Historically, running Geth was enough to turn a computer into an Ethereum node. However, when Ethereum transitioned to proof-of-stake, responsibility for consensus logic and block gossip was handed over to a separate consensus layer client. However, Geth still handles transactions and state management. When the consensus client is required to create a new block, it requests Geth to gather transactions from the transaction pool, execute them to compute a state transition and pass this information back to the consensus client. When the consensus client receives a new block from a peer, it passes the transactions to Geth to re-execute to verify the proposed state-transition. There is a clear separation of concerns between the two clients, meaning that both are required for a computer function as an Ethereum node.
What is staking and how do I participate?
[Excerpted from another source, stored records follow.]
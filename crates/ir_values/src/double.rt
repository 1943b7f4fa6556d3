//! Where the spelling of a double ends (LLVM Language Reference, 'Simple Constants').
ghost use Rattle.std.specs.Prelude.{◌≡◌};
ghost use Rattle.std.specs.Char.{is_ascii_hexdigit};
ghost use Rattle.std.specs.List.{list_all};
ghost use Rattle.ir_values.specs.Double as spec;
ghost use Rattle.ir_values.specs.code.Double as front;
ghost use Rattle.ir_values.specs.code.Double.{GivesSome};

/// Whether the bytes spell a double: an optional sign, digits, a point, digits or none, and an
/// optional exponent; or `0x` and sixteen hexadecimal digits. It takes no memory.
pub fn is_double(bytes: &[u8]) -> bool
    ensures { result ≡ spec.is_double bytes.now }
{
    match behind_double(bytes) {
        Some(more) => more.is_empty(),
        None => false,
    }
}

/// The bytes behind the longest double that the bytes begin with. None exactly where they begin
/// with none. It takes no memory.
pub fn behind_double(bytes: &[u8]) -> Option<&[u8]>
    ensures { GivesSome (λ more. more.now) result (front.behind_double bytes.now) }
{
    match bytes {
        [b'0', b'x', digits @ ..] => behind_sixteen(digits),
        _ => behind_decimal(bytes),
    }
}

/// The bytes behind sixteen hexadecimal digits.
fn behind_sixteen(digits: &[u8]) -> Option<&[u8]>
    ensures { GivesSome (λ more. more.now) result (front.behind_sixteen digits.now) }
{
    if digits.len() < 16 {
        return None;
    }
    let (sixteen, more) = digits.split_at(16);
    if all_hex(sixteen) { Some(more) } else { None }
}

fn all_hex(mut digits: &[u8]) -> bool
    ensures { result ≡ list_all is_ascii_hexdigit digits.entry.now }
{
    while let [c, rest @ ..] = digits {
        if !c.is_ascii_hexdigit() {
            return false;
        }
        digits = rest;
    }
    true
}

/// The bytes behind a sign or none, digits, a `.`, digits or none, and an exponent or none.
fn behind_decimal(bytes: &[u8]) -> Option<&[u8]>
    ensures { GivesSome (λ more. more.now) result (front.behind_decimal bytes.now) }
{
    let whole = after_sign(bytes);
    if !begins_with_digit(whole) {
        return None;
    }
    match after_digits(whole) {
        [b'.', fraction @ ..] => Some(behind_exponent(after_digits(fraction))),
        _ => None,
    }
}

/// The bytes behind an exponent, or all of them where there's none.
fn behind_exponent(bytes: &[u8]) -> &[u8]
    ensures { result.now ≡ front.behind_exponent bytes.now }
{
    match bytes {
        [b'e' | b'E', power @ ..] if begins_with_digit(after_sign(power)) => {
            after_digits(after_sign(power))
        }
        _ => bytes,
    }
}

/// Whether the first byte is a decimal digit.
fn begins_with_digit(bytes: &[u8]) -> bool
    ensures { result ≡ spec.begins_with_digit bytes.now }
{
    match bytes {
        [c, ..] => c.is_ascii_digit(),
        [] => false,
    }
}

/// The bytes behind a `+` or a `-`, and all where there is none.
fn after_sign(bytes: &[u8]) -> &[u8]
    ensures { result.now ≡ spec.after_sign bytes.now }
{
    match bytes {
        [b'+' | b'-', rest @ ..] => rest,
        _ => bytes,
    }
}

/// The bytes behind the leading decimal digits.
fn after_digits(mut bytes: &[u8]) -> &[u8]
    ensures { result.now ≡ spec.after_digits bytes.entry.now }
{
    while let [c, rest @ ..] = bytes {
        if !c.is_ascii_digit() {
            return bytes;
        }
        bytes = rest;
    }
    bytes
}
Staking is how node operators participate in proof-of-stake based consensus. Staking requires validators to deposit 32 ETH to a smart contract and run validator software connected to their node. The validator software broadcasts a vote ("attestation") in favour of checkpoint blocks that it determines to be in the canonical blockchain. The correct chain is then the one with the greatest accumulation of votes, weighted by the validators stake (up to a maximum of 32 ETH). Geth, as an execution client, does not directly handle consensus logic but it does provide the node with the execution and state-management tools required to validate incoming blocks. Validators are also occasionally picked to propose the next block broadcast across the network. In this case Geth's role is to bundle transactions it has received over the execution layer gossip network, pass them to the consensus client to be included in the block and execute them to determine the resulting state change.
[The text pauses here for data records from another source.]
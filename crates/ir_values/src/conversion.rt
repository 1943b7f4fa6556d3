//! Comparisons of integers, and conversions between their widths.
ghost use Rattle.std.specs.Prelude.{◌≡◌, IsTrue};
ghost use Rattle.ir_values.specs.Arithmetic as spec;

use crate::int::{Conv, Int, Pred, Width};

/// Whether the predicate holds of two integers of one width (LLVM Language Reference, 'icmp
/// Instruction'). It takes no memory.
#[tactic(auto, unfolding(crate::specs::Arithmetic::compare_of))]
pub fn compare(p: Pred, a: Int, b: Int) -> bool
    requires { a.width ≡ b.width }
    ensures { result ≡ spec.compare_of p a b }
{
    match p {
        Pred::Eq => a.bits() == b.bits(),
        Pred::Ne => a.bits() != b.bits(),
        Pred::Ugt => a.bits() > b.bits(),
        Pred::Uge => a.bits() >= b.bits(),
        Pred::Ult => a.bits() < b.bits(),
        Pred::Ule => a.bits() <= b.bits(),
        Pred::Sgt => a.signed() > b.signed(),
        Pred::Sge => a.signed() >= b.signed(),
        Pred::Slt => a.signed() < b.signed(),
        Pred::Sle => a.signed() <= b.signed(),
    }
}

impl Conv {
    /// Whether it leads from one width to another: `ZExt` and `SExt` to a wider one, `Trunc` to a
    /// narrower one.
    pub fn leads(self, from: Width, to: Width) -> bool
        ensures { result ≡ spec.converts self from to }
    {
        match self {
            Conv::ZExt | Conv::SExt => from.bits() < to.bits(),
            Conv::Trunc => to.bits() < from.bits(),
        }
    }
}

/// The integer converted to the width `to`, which is wider than its own for `ZExt` and `SExt` and
/// narrower for `Trunc`: `ZExt` keeps the unsigned value, `SExt` the signed value, and `Trunc` the
/// value modulo 2 to the new width (LLVM Language Reference, 'Conversion Operations'). It takes no
/// memory.
#[tactic(auto, unfolding(crate::specs::Arithmetic::convert_of))]
pub fn convert(c: Conv, a: Int, to: Width) -> Int
    requires { IsTrue (spec.converts c a.width to) }
    ensures { result ≡ spec.convert_of c a to }
{
    match c {
        Conv::ZExt | Conv::Trunc => Int::modulo(to, i128::from(a.bits())),
        Conv::SExt => Int::modulo(to, i128::from(a.signed())),
    }
}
It is entirely possible to run a node without staking any ETH. In this case the node runs the execution and consensus clients but not the validator software. In order to participate in consensus and earn ETH rewards, the node must run an execution client, consensus client and a validator. The validator software comes bundled with the consensus client.
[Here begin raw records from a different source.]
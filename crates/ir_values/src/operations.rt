//! Binary operations on integers.
ghost use Rattle.std.specs.Prelude.{◌≡◌, IsTrue};
ghost use Rattle.ir_values.specs.Arithmetic as spec;

mod arithmetic;
mod bitwise;
mod division;
mod shifts;

use crate::cause::Cause;
use crate::int::{BinOp, Flags, Int};

impl BinOp {
    /// Whether the flags may stand on the operation: `nuw` and `nsw` on `Add`, `Sub`, `Mul` and `Shl`,
    /// `exact` on `UDiv`, `SDiv`, `LShr` and `AShr`.
    pub fn allows(self, flags: Flags) -> bool
        ensures { result ≡ spec.allows self flags }
    {
        match self {
            BinOp::Add | BinOp::Sub | BinOp::Mul | BinOp::Shl => !flags.exact,
            BinOp::UDiv | BinOp::SDiv | BinOp::LShr | BinOp::AShr => !(flags.nuw || flags.nsw),
            _ => !(flags.nuw || flags.nsw) && !flags.exact,
        }
    }
}

/// The result of a binary operation on two integers of one width, modulo 2 to the width. The flags
/// are some that [`BinOp::allows`].
///
/// [`Cause::DivZero`] comes exactly for a zero divisor, [`Cause::Overflow`] exactly for `SDiv` or
/// `SRem` of the least value by -1, and [`Cause::Poison`] exactly for a broken flag or a shift by the
/// width or more (LLVM Language Reference, 'Binary Operations' and 'Bitwise Binary Operations'). It
/// takes no memory.
pub fn binary(op: BinOp, flags: Flags, a: Int, b: Int) -> Result<Int, Cause>
    requires width { a.width ≡ b.width }
    requires flags { IsTrue (spec.allows op flags) }
    ensures { result ≡ spec.binary_of op flags a b }
{
    match op {
        BinOp::Add => arithmetic::add(flags, a, b),
        BinOp::Sub => arithmetic::sub(flags, a, b),
        BinOp::Mul => arithmetic::mul(flags, a, b),
        BinOp::UDiv => division::udiv(flags, a, b),
        BinOp::SDiv => division::sdiv(flags, a, b),
        BinOp::URem => division::urem(flags, a, b),
        BinOp::SRem => division::srem(flags, a, b),
        BinOp::Shl => shifts::shl(flags, a, b),
        BinOp::LShr => shifts::lshr(flags, a, b),
        BinOp::AShr => shifts::ashr(flags, a, b),
        BinOp::And => bitwise::and(flags, a, b),
        BinOp::Or => bitwise::or(flags, a, b),
        BinOp::Xor => bitwise::xor(flags, a, b),
    }
}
For step-by-step instruction for staking and spinning up a validating node, see ethereum.org or get started on the Ethereum Foundation's Staking Launchpad.
How do I set up a consensus client/validator and connect it to Geth?
These docs mainly cover how to set up Geth, but since the switch to proof-of-stake it is also necessary to run a consensus client in order to track the head of the chain, and a validator in order to participate in proof-of-stake consensus. A validator node is also required to deposit 32 ETH into a specific smart contract. Our consensus clients page includes a general overview of how to connect a consensus client to Geth. For step by step instructions for specific clients, see their documentation and also see these helpful online guides.
How do I update Geth?
Updating Geth to the latest version simply requires stopping the node, downloading the latest release and restarting the node. Precisely how to download the latest software depends on the installation method - please refer to our Installation pages.
What is a preimage?
Geth stores the Ethereum state in a Patricia Merkle Trie. It contains (key,value) pairs with account addresses as keys and and RLP encoded account as the value, where an account is an array containing essential account information, specifically: nonce, balance, StorageRoot and codeHash. Definitions for these parameters are available in the Ethereum whitepaper. However, Geth's state trie does not use the keys directly, instead account information is indexed using the SHA3 hash of the key. This means that looking up the account information for an address can be done by traversing the trie for sha3(address), but querying addresses that contain certain data is not possible - the addresses themselves are not part of the trie. This problem is solved using preimages - these are mappings of addresses to their hashes. Geth generates these preimages during block-by-block sync as information is added to the trie but they are deleted once they reach a certain age (128 blocks by default). To retain the preimages, Geth should be started with --cache.preimages=true.